##### DATASET RECORDS #####
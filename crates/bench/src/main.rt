//! How long parts of the pool take: `bench WHAT NUMBER ..`, one behind another.
//!
//! `messages N` reads and writes N batches of a thousand messages. `sql N` reads short texts of SQL
//! N times and two long ones. `names N` looks for each name of six lists N times. `wire N` has a
//! client send N simple queries, N extended ones, and pipelines of N / 2 and N. `store N R` fills a
//! store in memory by N transactions of R rows each (one row where R is not there), and has 1, 8
//! and 64 sessions go through transactions. What was done goes to standard output, and the times
//! go to standard error.
#![tactic(auto)]

mod messages;
mod names;
mod sql;
mod store;
mod wire;

use std::process::ExitCode;
use std::{env, io};

/// What is measured, and how often.
#[derive(Clone, Copy)]
enum Measured {
    Messages(u32),
    Sql(u32),
    Names(u32),
    Wire(u32),
    Store { transactions: u32, rows: u32 },
}

/// How a measurement went.
#[derive(Clone, Copy)]
enum Went {
    Well,
    NotRead,
    NotGranted,
    NotAnswered,
}

fn number_of(word: Option<&String>) -> Option<u32> {
    word?.as_str().parse::<u32>().ok()
}

/// What the first words ask for, and how many words that are.
fn asked_of(words: &[String]) -> Option<(Measured, usize)> {
    let first = number_of(words.get(1))?;
    match words.first()?.as_str() {
        "messages" => Some((Measured::Messages(first), 2)),
        "sql" => Some((Measured::Sql(first), 2)),
        "names" => Some((Measured::Names(first), 2)),
        "wire" => Some((Measured::Wire(first), 2)),
        "store" => Some(store_asked(first, number_of(words.get(2)))),
        _ => None,
    }
}

fn store_asked(transactions: u32, rows: Option<u32>) -> (Measured, usize) {
    match rows {
        Some(rows) => (Measured::Store { transactions, rows }, 3),
        None => {
            let rows = 1;
            (Measured::Store { transactions, rows }, 2)
        }
    }
}

fn measure(rt: HostRuntime, asked: Measured) -> io::Result<Went> {
    match asked {
        Measured::Messages(batches) => {
            messages::run(rt, batches)?;
            Ok(Went::Well)
        }
        Measured::Sql(times) => Ok(if sql::run(rt, times)? {
            Went::Well
        } else {
            Went::NotRead
        }),
        Measured::Names(times) => {
            names::run(rt, times)?;
            Ok(Went::Well)
        }
        Measured::Wire(times) => Ok(if wire::run(rt, times)? {
            Went::Well
        } else {
            Went::NotAnswered
        }),
        Measured::Store { transactions, rows } => Ok(if store::run(rt, transactions, rows)? {
            Went::Well
        } else {
            Went::NotGranted
        }),
    }
}

/// Says how a measurement went, where it did not go well.
fn told(rt: HostRuntime, went: Went) -> io::Result<bool> {
    match went {
        Went::Well => return Ok(true),
        Went::NotRead => eprintln!(rt; "bench: a text was not read")?,
        Went::NotGranted => eprintln!(rt; "bench: a request was not granted")?,
        Went::NotAnswered => eprintln!(rt; "bench: a client was not answered")?,
    }
    Ok(false)
}

/// Measures what the words ask for, one behind another. Whether all went well.
fn run_all(rt: HostRuntime, words: &[String]) -> io::Result<bool> {
    let mut at: usize = 0;
    for _ in 0..words.len() {
        let Some((asked, taken)) = asked_of(words.get(at..).unwrap_or(&[])) else {
            break;
        };
        let went = measure(rt, asked)?;
        if !told(rt, went)? {
            return Ok(false);
        }
        at = at.saturating_add(taken);
    }
    if at == words.len() && at > 0 {
        return Ok(true);
    }
    eprintln!(rt;
        "usage: bench (messages | sql | names | wire) NUMBER .. | store TRANSACTIONS [ROWS] .."
    )?;
    Ok(false)
}

fn main(rt: HostRuntime) -> io::Result<ExitCode> {
    let mut words = Vec::new(rt.alloc());
    for word in env::args(&rt)?.skip(1) {
        words.push(word)?;
    }
    let well = run_all(rt, words.as_slice())?;
    Ok(ExitCode::from(if well { 0 } else { 1 }))
}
#####
- [WHAT IS REQUIRED]: Every line above in which the word "taken" occurs needs to be copied.

- [TASK ANSWER]:
        let Some((asked, taken)) = asked_of(words.get(at..).unwrap_or(&[])) else {
        at = at.saturating_add(taken);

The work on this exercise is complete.